Zrobić dobrą komedię romantyczną, to tak, jak kazać matematycznemu laikowi rozpracować matematykę kwantową. Nie jest to sprawa prosta. Wymaga genialnych metod nauczania, merytorycznie obcykaną ekipę, stado matematycznych głów i parę innych osób.
I w świecie filmu rzecz wygląda podobnie. Bo przecież komedia romantyczna, o ile nie jest ekranizacją Wielkiego Dzieła, a zwykłą opowiastką, która kończy się dobrze - a więc główni bohaterowie po mniej lub bardziej naciąganych perypetiach są razem, zostaje zwykle nazwana kiczem.
Mądre Głowy, wyznaczające nam trendy estetyczne, które filmowi polegającemu na godzinnym wystąpieniu samotnie stojącego drzewa wokół którego od czasu do czasu przeleci jakiś owad, przyznają laury i biją pokłony na znak uznania, człowiekowi, który w hierarchii kultury chciałby stać w miarę wysoko o komediach romantycznych każą myśleć jako o gorszych.
Oczywiście po części dlatego, że faktycznie są one debilne i z dobrą sztuką... mają niewiele wspólnego. Ale właśnie z powodu Tych Mądrych Głów, czasem niesłusznie, na komedie romantyczną patrzy się ze sporym przymrużeniem oka. I to niesłusznie dotyczy filmu Bena Youngera „Serce nie sługa”, bo to naprawdę niezły film o dość sporym komediowym ładunku.
Oto 37-letnia Rafi rozwodzi się z mężem. Zrozpaczona trafia do pewnej psychoterapeutki (w tej roli Meryl Streep) Można powiedzieć, że podczas tych terapii dość mocno zaprzyjaźniają się. Ku radości (swojej i Lisy- psychoterapeutki) Rafi poznaje Kogoś.
Jest nim 23-letni mężczyzna. Główna bohaterka ma pewne obiekcje, ale Lisa każe jej korzystać z życia, a tym bardziej z seksualnego potencjału 23-latka. Związek w miarę rozpędu nabiera rumieńców. Także seksualnych rumieńców. I o tych ostatnich Lisa systematycznie informowana jest przez swą rzetelną w wyznaniach klientkę.
Gdyby na tym kończyła się fabuła, a o dreszczyk przysparzać miałby nas tylko (aż?) seksualny głód... (zaspokajany zresztą) głównych bohaterów, no to skłoniłabym się do wersji Mądrych Głów.

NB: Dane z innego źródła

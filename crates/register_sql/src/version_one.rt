//! Reads the entries of a store of version 1, which has no extension and no verdict NotLater.
ghost use Rattle.std.specs.Prelude.{◌≡◌, ◌≢◌, true, map, reverse, All, ℕ, List, IfOk, IfErr};
ghost use Rattle.sqlite.specs.Held.{state};
ghost use Rattle.sqlite.specs.State.{HasCleanDisk};
ghost use Rattle.register_store.specs.Registers.{is_of_listing};
ghost use Rattle.register_store.specs.StoredRows as stored;
ghost use Rattle.register_store.specs.StoredRows.{IsPostingRow, ArePostings, HasList};
ghost use Rattle.register_sql.specs.Early.{is_early, IsEarlyOf, IsWrongEarly, IsEarlyWrongAt};
ghost use Rattle.register_sql.specs.Early.{IsFirstEarlyWrong};
ghost use Rattle.register_sql.specs.Failing.{IsReading};
ghost use Rattle.register_sql.specs.Queries.{IsPart};
ghost use Rattle.register_sql.specs.Rows.{HasPart};
ghost use Rattle.register_sql.specs.Shown.{posting_shown};

use crate::list::entry_in;
use crate::queries::{Query, read};
use posting_core::{Entry, Message, Verdict};
use register_store::StoreFault;
use sqlite::{Alter, Connection, Error, Row};
use std::alloc::Global;

/// Whether version 1 has the message's kind and the verdict.
fn is_early(entry: &Entry) -> bool
    ensures { result ≡ is_early entry.now }
{
    !matches!(entry.message, Message::Extend { .. }) && !matches!(entry.verdict, Verdict::NotLater)
}

/// Returns the entry of version 1 in row `number`, counted from 1. Faults: Damaged(number) if the
/// row is that of no such entry of these stations; NoMemory.
fn early_entry(alloc: Global, row: &Row, number: u64, stations: u32) -> Result<Entry, StoreFault>
    ensures kept { IfOk result
        (λ entry. (p : stored.PostingRow) → posting_shown p ≡ row.now
        → IsPostingRow number entry p) }
    ensures known { IfOk result (IsEarlyOf stations) }
    ensures damaged { IfErr result
        (λ fault. fault ≢ StoreFault.NoMemory → fault ≡ StoreFault.Damaged number) }
    ensures wrong { IfErr result (λ fault. fault ≢ StoreFault.NoMemory
        → (p : stored.PostingRow) → posting_shown p ≡ row.now → IsWrongEarly stations number p) }
{
    let entry = match entry_in(alloc, row, number, stations) {
        Ok(entry) => entry,
        Err(fault) => return Err(fault),
    };
    if is_early(&entry) {
        Ok(entry)
    } else {
        Err(StoreFault::Damaged(number))
    }
}

/// Returns the entries in the rows, oldest first. Faults: Damaged with the number of the first row
/// that is no entry of version 1 of these stations; NoMemory.
fn early_entries(alloc: Global, rows: &[Row], stations: u32) -> Result<Vec<Entry>, StoreFault>
    ensures kept { IfOk result
        (λ entries. (ps : List stored.PostingRow) → map posting_shown ps ≡ rows.now
        → ArePostings (reverse entries.items) (reverse ps)) }
    ensures known { IfOk result (λ entries. All (IsEarlyOf stations) entries.items) }
    ensures faults { IfErr result
        (λ fault. fault ≢ StoreFault.NoMemory → (at : ℕ) × (fault ≡ StoreFault.Damaged at)
        × ((ps : List stored.PostingRow) → map posting_shown ps ≡ rows.now
        → IsEarlyWrongAt stations at ps)) }
{
    let mut entries = Vec::new(alloc);
    'rows: for i in 0..rows.len() {
        match early_entry(alloc, &rows[i], i as u64 + 1, stations) {
            Ok(entry) => entries.push(entry)?,
            Err(fault) => return Err(fault),
        }
    }
    Ok(entries)
}

/// Returns the entries of a store of version 1, oldest first. The inner fault is Damaged with the
/// number of the first wrong row, or NoMemory. The outer error is that of a failed statement. The
/// store stays as it was.
pub(crate) fn early_list<S: Alter>(
    alloc: Global,
    conn: &mut Connection<S>,
    stations: u32,
) -> Result<Result<Vec<Entry>, StoreFault>, Error>
    requires part { HasCleanDisk (state S.Store conn.old) → IsPart 5 (state S.Store conn.old) }
    ensures listed { HasCleanDisk (state S.Store conn.new)
        → IfOk result (λ answer. IfOk answer (λ entries.
        (c : stored.Content) → HasPart 5 (state S.Store conn.old).now.trees c
        → HasList (reverse entries.items) c)) }
    ensures known { IfOk result
        (λ answer. IfOk answer (λ entries. All (IsEarlyOf stations) entries.items)) }
    ensures faults { IfOk result (λ answer. IfErr answer (λ fault. is_of_listing fault ≡ true)) }
    ensures able { IfOk result (λ answer. IfErr answer (λ fault. fault ≢ StoreFault.Store)) }
    ensures cause { HasCleanDisk (state S.Store conn.new)
        → IfOk result (λ answer. IfErr answer (λ fault. (at : ℕ) → fault ≡ StoreFault.Damaged at
        → (c : stored.Content) → HasPart 5 (state S.Store conn.old).now.trees c
        → IsFirstEarlyWrong stations at c)) }
    ensures reading { IsReading (state S.Store conn.old) (state S.Store conn.new) result }
{
    let rows = read(conn, Query::Postings, 5)?;
    let answer = early_entries(alloc, &rows, stations);
    Ok(answer)
}
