//! Checks the information about a store in its tables `meta` and `setup`: its version, its depth
//! limit and its setup.
ghost use Rattle.std.specs.Prelude.{◌≡◌, ◌<◌, ◌≤◌, ◌+◌, ◌∷◌, [], pos, ℕ, ℤ, true, false, map};
ghost use Rattle.std.specs.Prelude.{codes, length, IfOk, IfSome, IfNone, string_bytes};
ghost use Rattle.std.specs.Bool.{Decides};
ghost use Rattle.std.specs.List.Sorted.{IsPermutation};
ghost use Rattle.sqlite.specs.Held.{state};
ghost use Rattle.sqlite.specs.Order.{column};
ghost use Rattle.sqlite.specs.State.{HasCleanDisk};
ghost use Rattle.sqlite.specs.declared.types.Value.TheVariants.{Int, Text};
ghost use Rattle.register_store.specs.StoredRows.{is_depth};
ghost use Rattle.register_sql.specs.Failing.{IsReading};
ghost use Rattle.register_sql.specs.Queries.{IsPart};
ghost use Rattle.register_sql.specs.Says.{IsOther, HasOther, IsWhole, IsIdentity, setup_rows_shown};
ghost use Rattle.register_sql.specs.Says.{setup_in, HasSetup};
ghost use Rattle.register_sql.specs.Shown.{setup_shown};

use crate::queries::{Query, read};
use codes_core::NoMemory;
use nest_core::Setup;
use register_store::row_texts;
use sqlite::{Alter, Connection, Error, Row};
use sqlite_value::value::ValueRef;
use std::alloc::Global;

/// The result of checking the rows of `meta`.
#[derive(Clone, Copy)]
pub(crate) enum Identity {
    /// There are none: the store is new.
    New,
    /// A row has another version than 2.
    OtherVersion,
    /// They aren't exactly the version 2 and a possible depth limit.
    Damaged,
    /// They have the version 2 and this depth limit.
    Bound(u32),
}

/// Whether the cell is this text.
pub(crate) fn is_text(row: &Row, at: usize, text: &str) -> bool
    requires { at < length row.now }
    ensures { Decides result (column row.now at ≡ Text text.now) }
{
    match row.get_ref(at) {
        Ok(ValueRef::Text(found)) => found == text.as_bytes(),
        _ => false,
    }
}

/// Whether the cell is this number.
pub(crate) fn is_number(row: &Row, at: usize, number: u64) -> bool
    requires { at < length row.now }
    ensures { Decides result (column row.now at ≡ Int (pos number)) }
{
    match row.get_ref(at) {
        Ok(ValueRef::Int(found)) => is_same_number(found, number),
        _ => false,
    }
}

/// Whether the two numbers are equal.
fn is_same_number(found: i64, number: u64) -> bool
    ensures { Decides result (found ≡ pos number) }
{
    match u64::try_from(found) {
        Ok(found) => found == number,
        Err(_) => false,
    }
}

/// Whether the cell is any integer.
fn is_some_number(row: &Row, at: usize) -> bool
    requires { at < length row.now }
    ensures { Decides result ((n : ℤ) × (column row.now at ≡ Int n)) }
{
    matches!(row.get_ref(at), Ok(ValueRef::Int(_)))
}

/// Whether the row of `meta` has this name and value.
pub(crate) fn is_meta(row: &Row, name: &str, val: u32) -> bool
    ensures { Decides result (row.now ≡ Text name.now ∷ Int (pos val) ∷ []) }
{
    row.column_count() == 2 && is_text(row, 0, name) && is_number(row, 1, u64::from(val))
}

/// Whether the row has another version than 2.
fn is_other(row: &Row) -> bool
    ensures { Decides result (IsOther row.now) }
{
    row.column_count() == 2
        && is_text(row, 0, "version")
        && is_some_number(row, 1)
        && !is_number(row, 1, 2)
}

/// Whether one of the rows has another version than 2.
pub(crate) fn has_other(rows: &[Row]) -> bool
    ensures { Decides result (HasOther rows.now) }
{
    'rows: for row in rows {
        if is_other(row) {
            return true;
        }
    }
    false
}

/// Whether the first row has version 2 and the second this depth limit.
fn are_pair(version: &Row, depth: &Row, limit: u32) -> bool
    ensures { Decides result ((version.now ≡ Text (codes "version") ∷ Int (pos 2) ∷ [])
        × (depth.now ≡ Text (codes "depth") ∷ Int (pos limit) ∷ [])) }
{
    is_meta(version, "version", 2) && is_meta(depth, "depth", limit)
}

/// Whether these are the two rows of a store with this depth limit, in any order.
#[tactic(auto, using(crate::proofs::Pairs::one_order, crate::proofs::Pairs::other_order, crate::proofs::Pairs::either_order))]
fn is_whole(rows: &[Row], limit: u32) -> bool
    ensures { Decides result (IsWhole limit rows.now) }
{
    match rows {
        [a, b] => are_pair(a, b, limit) || are_pair(b, a, limit),
        _ => false,
    }
}

/// Returns the depth limit in the two rows about a store; None if they aren't those of a store.
fn depth_of(rows: &[Row]) -> Option<u32>
    ensures some { IfSome result (λ depth. (is_depth depth ≡ true) × IsWhole depth rows.now) }
    ensures none { IfNone result ((depth : ℕ) → is_depth depth ≡ true → ¬ IsWhole depth rows.now) }
{
    if is_whole(rows, 8) {
        return Some(8);
    }
    if is_whole(rows, 12) {
        return Some(12);
    }
    None
}

/// Checks the rows of `meta`.
pub(crate) fn judge(rows: &[Row]) -> Identity
    ensures { IsIdentity rows.now result }
{
    if rows.is_empty() {
        return Identity::New;
    }
    if has_other(rows) {
        return Identity::OtherVersion;
    }
    match depth_of(rows) {
        Some(depth) => Identity::Bound(depth),
        None => Identity::Damaged,
    }
}

/// Whether the row of `setup` has this number and text.
fn is_setup(row: &Row, id: u64, text: &str) -> bool
    ensures { Decides result (row.now ≡ setup_shown (record { id = pos id; text = text.now })) }
{
    row.column_count() == 2 && is_number(row, 0, id) && is_text(row, 1, text)
}

/// Whether these are the rows of `setup` with these texts, numbered from 1.
pub(crate) fn are_setup(rows: &[Row], texts: &[String]) -> bool
    ensures { Decides result (rows.now ≡ setup_rows_shown (map string_bytes texts.now)) }
{
    if rows.len() != texts.len() {
        return false;
    }
    'rows: for at in 0..rows.len() {
        if !is_setup(&rows[at], at as u64 + 1, texts[at].as_str()) {
            return false;
        }
    }
    true
}

/// Returns whether the setup of a store of the first `made` tables has these texts. Without its
/// table it has none.
fn has_texts<S: Alter>(
    conn: &mut Connection<S>,
    texts: &[String],
    made: usize,
) -> Result<bool, Error>
    requires few { made ≤ 6 }
    requires part { HasCleanDisk (state S.Store conn.old) → IsPart made (state S.Store conn.old) }
    ensures told { HasCleanDisk (state S.Store conn.new) → IfOk result (λ same. Decides same
        (IsPermutation (setup_rows_shown (map string_bytes texts.now))
        (setup_in made (state S.Store conn.old).now.trees))) }
    ensures reading { IsReading (state S.Store conn.old) (state S.Store conn.new) result }
{
    if made < 2 {
        return Ok(are_setup(&[], texts));
    }
    let rows = read(conn, Query::Setups, made)?;
    Ok(are_setup(&rows, texts))
}

/// Returns whether a store of the first `made` tables has this setup. Without the table `setup` it
/// has no rows of one. The inner fault is NoMemory, the outer error that of a failed statement. The
/// store stays as it was.
pub(crate) fn has_setup<S: Alter>(
    alloc: Global,
    conn: &mut Connection<S>,
    setup: &Setup,
    made: usize,
) -> Result<Result<bool, NoMemory>, Error>
    requires few { made ≤ 6 }
    requires part { HasCleanDisk (state S.Store conn.old) → IsPart made (state S.Store conn.old) }
    ensures told { HasCleanDisk (state S.Store conn.new)
        → IfOk result (λ answer. IfOk answer (λ same. Decides same
        (HasSetup setup.now made (state S.Store conn.old).now.trees))) }
    ensures reading { IsReading (state S.Store conn.old) (state S.Store conn.new) result }
{
    let texts = match row_texts(alloc, setup) {
        Ok(texts) => texts,
        Err(fault) => return Ok(Err(fault)),
    };
    let same = has_texts(conn, &texts, made)?;
    Ok(Ok(same))
}
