// A flip's visits: the pending objects, the roots and the registers, each white object placed.
#![tactic(auto)]

ghost use Rattle.std.specs.Prelude.{◌≡◌, ◌≤◌, length};
ghost use Rattle.machine.specs.Bounds.{Fits};

use table::{Look, Making, Marks, Primary, Refusal, Task};

// The space that a flip fills: its marks and its end in the lent words, and how many slots an object may have. Whoever makes
// one shows that the free part lies in the words; each visit keeps that.
#[derive(Drop)]
pub struct Space<'w> {
    pub words: &'w mut [u32],
    pub s: u32,
    pub end: u32,
    pub marks: Marks,
    pub ghost fits: { Fits marks end (length words.now) },
    pub ghost short: { s ≤ 255 },
}

impl<'w> Space<'w> {
    ghost use Rattle.machine.specs.Flip.{placing, visit_of, visit_pending_of, pass_of, pending_pass, register_pass};
    ghost use Rattle.visits.specs.Visits.{Leaves};

    // A replica with so many slots to copy.
    fn place(&mut self, p: Primary, len: u32, count: u32) -> Result<(), Refusal>
        requires { (4 ≤ p.0) × (p.0 ≤ length self.old.words.now) × (len ≤ 255) }
        ensures { Leaves result self.old self.new (placing self.old.end p len count) }
    {
        let Some((marks, _)) = look::place(self.marks, self.end, self.words, p, len, count) else {
            return Err(Refusal::Exhausted);
        };
        self.marks = marks;
        Ok(())
    }

    // A root or a register: a non-nil white object is placed.
    #[tactic(auto, unfolding(machine::specs::Flip::visit_of))]
    fn visit(&mut self, p: Primary) -> Result<(), Refusal>
        ensures { Leaves result self.old self.new (visit_of self.old.end self.old.s p) }
    {
        if p == Primary(0) {
            return Ok(());
        }
        // (Of the field itself, lent as `&`, the proof would know no more than its length.)
        let words = &mut *self.words;
        match objects::look_at(words, self.s, p) {
            Look::White(len) => self.place(p, len, len),
            Look::Forwarded(_, _) => Ok(()),
            Look::Claimed | Look::Lost => Err(Refusal::Damaged),
        }
    }

    // A pending object: its replica has the filled slots to copy.
    #[tactic(auto, unfolding(machine::specs::Flip::visit_pending_of))]
    fn visit_pending(&mut self, pending: Option<Making>) -> Result<(), Refusal>
        ensures { Leaves result self.old self.new (visit_pending_of self.old.end self.old.s pending) }
    {
        let Some(d) = pending else {
            return Ok(());
        };
        let words = &mut *self.words;
        match objects::look_at(words, self.s, d.at) {
            Look::White(len) if d.filled <= len => self.place(d.at, len, d.filled),
            _ => Err(Refusal::Damaged),
        }
    }

    // The pending objects of the tasks.
    #[tactic(auto, using(crate::proofs::Turns::begins))]
    pub fn pendings(&mut self, tasks: &[Task]) -> Result<(), Refusal>
        ensures { Leaves result self.old self.new (pass_of (pending_pass self.old.end self.old.s) tasks.now) }
    {
        for e in tasks {
            self.visit_pending(e.pending)?;
        }
        Ok(())
    }

    // The shared roots.
    #[tactic(auto, using(crate::proofs::Turns::begins, crate::proofs::Turns::goes_on, crate::proofs::Turns::stops))]
    pub fn roots(&mut self, qs: &[Primary]) -> Result<(), Refusal>
        ensures { Leaves result self.old self.new (pass_of (visit_of self.old.end self.old.s) qs.now) }
    {
        for q in qs {
            self.visit(*q)?;
        }
        Ok(())
    }

    // The registers of the tasks. (Labelled, as 01 has it where roots inside tasks are visited: a refusal leaves both loops.)
    #[tactic(auto, using(crate::proofs::Turns::begins))]
    pub fn registers(&mut self, tasks: &[Task]) -> Result<(), Refusal>
        ensures { Leaves result self.old self.new (pass_of (register_pass self.old.end self.old.s) tasks.now) }
    {
        'tasks: {
            for e in tasks {
                // as a slice: of an array in an element of a slice the proof does not know that it holds eight
                for q in &e.regs[..] {
                    if let Err(x) = self.visit(*q) {
                        break 'tasks Err(x);
                    }
                }
            }
            Ok(())
        }
    }
}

Ale komedia pełną gębą rozpoczyna się w momencie gdy do Lisy przychodzi jej 23-letni (!!!) syn, by wyznać, że ma kogoś.
Jest nią starsza kobieta (nie-Żydówka- a wiedzieć trzeba, że Lisa prywatnie jest ortodoksyjną Żydówką, z konserwatywnym podejściem do życia). Niczego nieświadoma Lisa idzie na spotkania z Rafi i tu dopiero domyśla się, kto jest kochanką jej syna...
Etyka zawodowa nie pozwala jednak Lisie zostawić klientki samej sobie. Nie mająca pojęcia o koligacji rodzinnej kochanka z psychoterapeutką, Rafi, kontynuuje swoje często pikantne opowieści. Jak się kończy i miłość i historia z mamą- terapeutką nie powiem. Ale to właśnie wątek psychoterapeutki mnie mocno uwiódł.
Oczywiście wątek miłosny toczy się równolegle, z pewnymi zawirowaniami, problemami. Ale dzięki tej psychoterapeutce film nie jest tylko opowieścią o miłości młodego mężczyzny ze starszą od siebie kobietą, a naprawdę niezłą komedią. I jeszcze sam finał wart jest uznania.
W kwestii obsady powiem tylko, że cudowne zaplecze fizyczne i... techniczne (i niekoniecznie pije tu do aktorskich umiejętności) ma główny bohater. A reszta jakoś w cieniu jego uroku.